Geert Wilders has been elected in the Netherlands. This is going to be interesting. pic.twitter.com/OasllNzeQY
— Peter Wallace (@PeterWallaceAU) November 23, 2023
But forming that coalition is likely to be an uphill battle, given that the leaders of other major parties have previously ruled out working with him. His target is 76 seats in the 150-seat parliament — will he really be able to piece together a stable enough coalition with those who have until now been his political foes? It's certainly far from impossible, say commentators. The Netherland's three other major parties might have ruled out taking part in a Wilders-led government before the vote, but insiders say they wouldn't be surprised if the scale of his victory changed that.

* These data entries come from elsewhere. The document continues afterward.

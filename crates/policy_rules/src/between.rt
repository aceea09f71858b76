//! What the rules between two networks do: relate the two, or have one import the other.
ghost use Rattle.std.specs.Prelude.{◌≡◌};
ghost use Rattle.std.specs.List.{list_any};
ghost use Rattle.policy_rules.specs.Related.{passes, rules_between, are_related, imports};
ghost use Rattle.policy_rules.specs.Wanted.{is_wanted, serves, joins, leads_between};

use crate::fitting::{attaches, fits};
use config_types::{Action, Config, Network, Policy, Rule};

/// What is wanted of a rule between two networks.
#[derive(Clone, Copy, PartialEq, Eq)]
enum Wanted {
    /// The rule passes packets.
    Passing,
    /// The rule passes packets, or leads them through a chain.
    LettingThrough,
}

fn is_wanted(wanted: Wanted, action: &Action) -> bool
    ensures { result ≡ is_wanted wanted action.now }
{
    match wanted {
        Wanted::Passing => matches!(action, Action::Pass),
        Wanted::LettingThrough => !matches!(action, Action::Deny),
    }
}

/// Whether a rule speaks of packets between two networks, either way, and does what is wanted.
fn serves(wanted: Wanted, a: &Network, b: &Network, rule: &Rule) -> bool
    ensures { result ≡ serves wanted a.now b.now rule.now }
{
    (fits(rule, a, b) || fits(rule, b, a)) && is_wanted(wanted, &rule.action)
}

fn some_rule_serves(wanted: Wanted, a: &Network, b: &Network, rules: &[Rule]) -> bool
    ensures { result ≡ list_any (serves wanted a.now b.now) rules.now }
{
    rules.iter().any(|rule| serves(wanted, a, b, rule))
}

/// Whether two networks attach a policy that has a rule between them which does what is wanted.
fn joins(wanted: Wanted, a: &Network, b: &Network, policy: &Policy) -> bool
    ensures { result ≡ joins wanted a.now b.now policy.now }
{
    attaches(a, policy)
        && attaches(b, policy)
        && some_rule_serves(wanted, a, b, policy.rules.as_slice())
}

fn some_policy_joins(wanted: Wanted, a: &Network, b: &Network, policies: &[Policy]) -> bool
    ensures { result ≡ list_any (joins wanted a.now b.now) policies.now }
{
    policies.iter().any(|policy| joins(wanted, a, b, policy))
}

/// Whether some rule between two networks does what is wanted.
fn some_rule_between(config: &Config, a: &Network, b: &Network, wanted: Wanted) -> bool
    ensures { result ≡ list_any (λ r. is_wanted wanted r.rule.action) (rules_between config.now a.now b.now) }
{
    some_policy_joins(wanted, a, b, config.policies.as_slice())
}

/// Whether a policy has a rule that lets packets through between two networks.
pub fn some_rule_leads(policy: &Policy, a: &Network, b: &Network) -> bool
    ensures { result ≡ list_any (leads_between a.now b.now) policy.now.rules }
{
    some_rule_serves(Wanted::LettingThrough, a, b, policy.rules.as_slice())
}

/// Whether two networks differ and a rule between them lets packets through.
pub fn are_related(config: &Config, a: &Network, b: &Network) -> bool
    ensures { result ≡ are_related config.now a.now b.now }
{
    a.name != b.name && some_rule_between(config, a, b, Wanted::LettingThrough)
}

/// Whether a pass rule stands between two networks.
pub fn passes_between(config: &Config, a: &Network, b: &Network) -> bool
    ensures { result ≡ list_any (λ r. passes r.rule.action) (rules_between config.now a.now b.now) }
{
    some_rule_between(config, a, b, Wanted::Passing)
}

/// Whether a network imports another: itself, or one with a pass rule between the two.
pub fn imports(config: &Config, network: &Network, other: &Network) -> bool
    ensures { result ≡ imports config.now network.now other.now }
{
    network.name == other.name || passes_between(config, network, other)
}
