// What a field writes, by the type of the value that is asked for.

ghost use Rattle.std.specs.Prelude.{◌≡◌, ℕ, List, Some, None, Option, MatchResult};
ghost use Rattle.values.specs.Values.{word_among};
ghost use Rattle.parts.specs.declared.faults.LineFault.{LineFault};

use crate::choices::{Choice, find_word};
use parts::LineFault;

// A value that a part of a line can write.
// `TryFrom<&[u8]>` would be no plainer: it says the same, but `u16` and `bool` are not ours to give it to.
pub trait FromPart: Sized {
    ghost written: { List ℕ → Option Self };

    fn from_part(part: &[u8]) -> Option<Self>
        ensures { result ≡ written part.now };
}

// The value that a field writes. The line is refused for a field that writes none; fields are counted from 1.
pub fn value<T: FromPart>(part: &[u8], field: u8) -> Result<T, LineFault>
    ensures { MatchResult result (λ v. T.written part.now ≡ Some v) (λ e. (e ≡ LineFault.Value field) × (T.written part.now ≡ None)) }
{
    T::from_part(part).ok_or(LineFault::Value { field })
}

// One of some words.
impl<T: Choice> FromPart for T {
    ghost written = { word_among T.spelling T.all };

    fn from_part(part: &[u8]) -> Option<T> {
        find_word(T::all(), part)
    }
}
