// The values that a field can be, beside numbers, and their words.

ghost use Rattle.std.proofs.Common.{rules};
ghost use Rattle.values.specs.Values.{resolution_of, flag_word, inline_word, module_kind_word, exports_word, wrap_word, record_kind_word, class_word, target_word, flags, inline_modes, module_kinds, exports_kinds, wrap_kinds, record_kinds, export_classes, target_kinds};

use crate::choices::{Choice, Spelled};
use crate::fields::FromPart;

// Which constants are written in the place of their symbols.
#[derive(Debug, Clone, Copy, PartialEq, Eq)]
pub enum InlineConstMode {
    Off,
    Smart,
    All,
}

#[derive(Debug, Clone, Copy, PartialEq, Eq)]
pub enum ModuleKind {
    Normal,
    External,
}

#[derive(Debug, Clone, Copy, PartialEq, Eq)]
pub enum ExportsKind {
    None,
    Esm,
    CommonJs,
}

#[derive(Debug, Clone, Copy, PartialEq, Eq)]
pub enum WrapKind {
    None,
    Cjs,
    Esm,
}

#[derive(Debug, Clone, Copy, PartialEq, Eq)]
pub enum RecordKind {
    Import,
    Other,
}

// A local export entry, an indirect one, or `export * as`.
#[derive(Debug, Clone, Copy, PartialEq, Eq)]
pub enum ExportClass {
    Local,
    Indirect,
    All,
}

// Whether an init call is made to a module or to a carrier.
#[derive(Debug, Clone, Copy, PartialEq, Eq)]
pub enum TargetKind {
    Module,
    Carrier,
}

// What a member expression resolved to: not resolved, resolved to nothing, or to a symbol.
#[derive(Debug, Clone, Copy, PartialEq, Eq)]
pub enum Resolution {
    Open,
    Lost,
    To(u16),
}

// What an import asks for: the whole namespace, or one name.
// An option of a name would be no plainer: its `None` reads as an import of nothing, and this is one of everything.
#[derive(Debug, Clone, Copy, PartialEq, Eq)]
pub enum Imported {
    Namespace,
    Literal(u16),
}

impl Spelled for bool {
    ghost spelling = { flag_word };

    fn spelled(&self) -> &'static str {
        if *self { "1" } else { "0" }
    }
}

impl Choice for bool {
    ghost all = { flags };

    ghost read_back = { Prim.search rules };

    fn all() -> &'static [bool] {
        &[false, true]
    }
}

impl Spelled for InlineConstMode {
    ghost spelling = { inline_word };

    fn spelled(&self) -> &'static str {
        match self {
            InlineConstMode::Off => "none",
            InlineConstMode::Smart => "smart",
            InlineConstMode::All => "all",
        }
    }
}

impl Choice for InlineConstMode {
    ghost all = { inline_modes };

    ghost read_back = { Prim.search rules };

    fn all() -> &'static [InlineConstMode] {
        &[
            InlineConstMode::Off,
            InlineConstMode::Smart,
            InlineConstMode::All,
        ]
    }
}

impl Spelled for ModuleKind {
    ghost spelling = { module_kind_word };

    fn spelled(&self) -> &'static str {
        match self {
            ModuleKind::Normal => "normal",
            ModuleKind::External => "external",
        }
    }
}

impl Choice for ModuleKind {
    ghost all = { module_kinds };

    ghost read_back = { Prim.search rules };

    fn all() -> &'static [ModuleKind] {
        &[ModuleKind::Normal, ModuleKind::External]
    }
}

impl Spelled for ExportsKind {
    ghost spelling = { exports_word };

    fn spelled(&self) -> &'static str {
        match self {
            ExportsKind::None => "none",
            ExportsKind::Esm => "esm",
            ExportsKind::CommonJs => "cjs",
        }
    }
}

impl Choice for ExportsKind {
    ghost all = { exports_kinds };

    ghost read_back = { Prim.search rules };

    fn all() -> &'static [ExportsKind] {
        &[ExportsKind::None, ExportsKind::Esm, ExportsKind::CommonJs]
    }
}

impl Spelled for WrapKind {
    ghost spelling = { wrap_word };

    fn spelled(&self) -> &'static str {
        match self {
            WrapKind::None => "none",
            WrapKind::Cjs => "cjs",
            WrapKind::Esm => "esm",
        }
    }
}

impl Choice for WrapKind {
    ghost all = { wrap_kinds };

    ghost read_back = { Prim.search rules };

    fn all() -> &'static [WrapKind] {
        &[WrapKind::None, WrapKind::Cjs, WrapKind::Esm]
    }
}

impl Spelled for RecordKind {
    ghost spelling = { record_kind_word };

    fn spelled(&self) -> &'static str {
        match self {
            RecordKind::Import => "import",
            RecordKind::Other => "other",
        }
    }
}

impl Choice for RecordKind {
    ghost all = { record_kinds };

    ghost read_back = { Prim.search rules };

    fn all() -> &'static [RecordKind] {
        &[RecordKind::Import, RecordKind::Other]
    }
}

impl Spelled for ExportClass {
    ghost spelling = { class_word };

    fn spelled(&self) -> &'static str {
        match self {
            ExportClass::Local => "local",
            ExportClass::Indirect => "indirect",
            ExportClass::All => "all",
        }
    }
}

impl Choice for ExportClass {
    ghost all = { export_classes };

    ghost read_back = { Prim.search rules };

    fn all() -> &'static [ExportClass] {
        &[ExportClass::Local, ExportClass::Indirect, ExportClass::All]
    }
}

impl Spelled for TargetKind {
    ghost spelling = { target_word };

    fn spelled(&self) -> &'static str {
        match self {
            TargetKind::Module => "module",
            TargetKind::Carrier => "carrier",
        }
    }
}

impl Choice for TargetKind {
    ghost all = { target_kinds };

    ghost read_back = { Prim.search rules };

    fn all() -> &'static [TargetKind] {
        &[TargetKind::Module, TargetKind::Carrier]
    }
}

// `open`, `lost`, or the number of a symbol.
impl FromPart for Resolution {
    ghost written = { resolution_of };

    fn from_part(part: &[u8]) -> Option<Resolution> {
        match part {
            b"open" => Some(Resolution::Open),
            b"lost" => Some(Resolution::Lost),
            _ => u16::from_part(part).map(Resolution::To),
        }
    }
}
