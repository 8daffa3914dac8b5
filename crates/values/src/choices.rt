// Values that are written as one of some words.

ghost use Rattle.std.specs.Prelude.{◌≡◌, ℕ, List, Some};
ghost use Rattle.values.specs.Values.{word_among};

// A value that is written as a word.
// The library's `AsStr` would be no plainer: it lends its text for as long as the value lives, and `bool` is not ours to give it to.
pub trait Spelled {
    ghost spelling: { Self → List ℕ };

    fn spelled(&self) -> &'static str
        ensures { result.now ≡ spelling self.now };
}

// A value that is one of some, each of which has a word of its own.
pub trait Choice: Spelled + Copy + 'static {
    ghost all: { List Self };

    // Every value, in the order in which a word is looked for.
    fn all() -> &'static [Self]
        ensures { result.now ≡ all };

    // The word of a value is read as that value.
    ghost read_back: { (v : Self) → word_among Self.spelling all (Self.spelling v) ≡ Some v };
}

// The first of some values whose word this is.
pub fn find_word<T: Spelled + Copy>(all: &[T], part: &[u8]) -> Option<T>
    ensures { result ≡ word_among T.spelling all.now part.now }
{
    all.iter()
        .copied()
        .find(|value| part == value.spelled().as_bytes())
}
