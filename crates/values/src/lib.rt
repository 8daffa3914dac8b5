// The values that the fields of a line can be: numbers, flags and words.

#![tactic(auto)]

mod choices;
mod fields;
mod scalars;
mod values;

pub use choices::{Choice, Spelled, find_word};
pub use fields::{FromPart, value};
pub use scalars::Scalar;
pub use values::{
    ExportClass, ExportsKind, Imported, InlineConstMode, ModuleKind, RecordKind, Resolution,
    TargetKind, WrapKind,
};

Dilan Yesilgöz, leader of the third-placed centre-right liberal VVD party, and Pieter Omtzigt, leader of the brand new New Social Contract party, which came in fourth place, are the two most likely candidates to form this coalition with Wilders - both of whom have, notably, congratulated him since last night's result.
Wilders clearly believes he can do it, promising to make it "difficult for the other parties to ignore us". Whether or not he is successful in forming a coalition, he has almost certainly done that.